Content starts

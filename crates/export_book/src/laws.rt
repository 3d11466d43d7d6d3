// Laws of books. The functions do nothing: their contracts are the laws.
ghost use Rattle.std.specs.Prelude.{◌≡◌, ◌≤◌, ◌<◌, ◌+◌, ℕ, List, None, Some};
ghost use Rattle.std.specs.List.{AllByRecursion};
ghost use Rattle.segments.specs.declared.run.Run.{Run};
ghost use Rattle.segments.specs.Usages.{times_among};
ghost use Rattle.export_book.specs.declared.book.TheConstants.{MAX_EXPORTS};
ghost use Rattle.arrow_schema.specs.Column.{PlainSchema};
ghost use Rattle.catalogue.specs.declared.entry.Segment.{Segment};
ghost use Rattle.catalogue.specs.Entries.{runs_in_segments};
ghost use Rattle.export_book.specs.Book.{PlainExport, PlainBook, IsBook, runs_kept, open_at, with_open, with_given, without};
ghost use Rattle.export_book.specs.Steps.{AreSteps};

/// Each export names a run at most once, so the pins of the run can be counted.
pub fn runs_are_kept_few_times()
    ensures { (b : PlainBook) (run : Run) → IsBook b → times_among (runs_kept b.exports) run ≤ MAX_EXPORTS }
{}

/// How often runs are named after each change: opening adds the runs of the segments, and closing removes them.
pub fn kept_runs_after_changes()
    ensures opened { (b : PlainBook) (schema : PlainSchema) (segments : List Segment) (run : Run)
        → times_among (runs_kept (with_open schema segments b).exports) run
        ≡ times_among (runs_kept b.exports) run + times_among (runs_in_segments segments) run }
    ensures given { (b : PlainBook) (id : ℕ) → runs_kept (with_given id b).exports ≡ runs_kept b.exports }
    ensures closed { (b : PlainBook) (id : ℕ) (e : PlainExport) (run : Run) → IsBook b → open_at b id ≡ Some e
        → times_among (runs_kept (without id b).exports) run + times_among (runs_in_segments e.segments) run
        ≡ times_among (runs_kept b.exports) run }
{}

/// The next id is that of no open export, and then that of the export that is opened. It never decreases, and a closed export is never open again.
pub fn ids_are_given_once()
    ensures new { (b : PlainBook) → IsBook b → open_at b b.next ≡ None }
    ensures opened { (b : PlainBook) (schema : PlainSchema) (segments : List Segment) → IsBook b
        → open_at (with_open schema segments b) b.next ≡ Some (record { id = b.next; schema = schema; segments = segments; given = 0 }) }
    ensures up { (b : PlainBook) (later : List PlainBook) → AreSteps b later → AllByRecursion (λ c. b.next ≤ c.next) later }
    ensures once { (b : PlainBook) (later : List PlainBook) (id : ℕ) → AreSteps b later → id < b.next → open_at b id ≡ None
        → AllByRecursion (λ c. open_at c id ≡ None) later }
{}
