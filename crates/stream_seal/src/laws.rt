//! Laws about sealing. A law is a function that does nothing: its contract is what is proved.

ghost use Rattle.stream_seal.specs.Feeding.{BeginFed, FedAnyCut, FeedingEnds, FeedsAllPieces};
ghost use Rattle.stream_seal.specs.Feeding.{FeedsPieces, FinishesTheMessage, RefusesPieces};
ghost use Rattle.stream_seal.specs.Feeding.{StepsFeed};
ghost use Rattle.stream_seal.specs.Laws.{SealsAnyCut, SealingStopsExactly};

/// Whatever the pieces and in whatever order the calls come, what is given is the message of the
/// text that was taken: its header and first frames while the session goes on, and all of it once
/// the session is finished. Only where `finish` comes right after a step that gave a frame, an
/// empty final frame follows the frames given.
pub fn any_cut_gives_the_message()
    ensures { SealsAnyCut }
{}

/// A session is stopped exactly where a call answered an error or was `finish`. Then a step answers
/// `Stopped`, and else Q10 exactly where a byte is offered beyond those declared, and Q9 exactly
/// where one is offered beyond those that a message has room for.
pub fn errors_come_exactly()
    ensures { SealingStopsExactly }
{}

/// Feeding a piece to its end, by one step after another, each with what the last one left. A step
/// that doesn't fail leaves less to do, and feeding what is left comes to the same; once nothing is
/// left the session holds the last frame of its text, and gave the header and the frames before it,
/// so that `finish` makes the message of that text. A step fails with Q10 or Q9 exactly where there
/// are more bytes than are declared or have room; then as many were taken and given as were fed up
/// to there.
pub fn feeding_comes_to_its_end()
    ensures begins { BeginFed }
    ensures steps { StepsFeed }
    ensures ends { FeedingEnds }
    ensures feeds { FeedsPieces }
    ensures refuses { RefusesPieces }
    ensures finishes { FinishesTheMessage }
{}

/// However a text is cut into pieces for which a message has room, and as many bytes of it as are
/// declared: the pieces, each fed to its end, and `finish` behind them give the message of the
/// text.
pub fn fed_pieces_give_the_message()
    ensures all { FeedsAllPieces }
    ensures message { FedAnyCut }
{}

Content ends

From the entries above, write out only the lines starting at the line that holds "were fed up" and ending at the line that holds "of it as are", keeping both and matching them exactly.

/// are more bytes than are declared or have room; then as many were taken and given as were fed up
/// to there.
pub fn feeding_comes_to_its_end()
    ensures begins { BeginFed }
    ensures steps { StepsFeed }
    ensures ends { FeedingEnds }
    ensures feeds { FeedsPieces }
    ensures refuses { RefusesPieces }
    ensures finishes { FinishesTheMessage }
{}

/// However a text is cut into pieces for which a message has room, and as many bytes of it as are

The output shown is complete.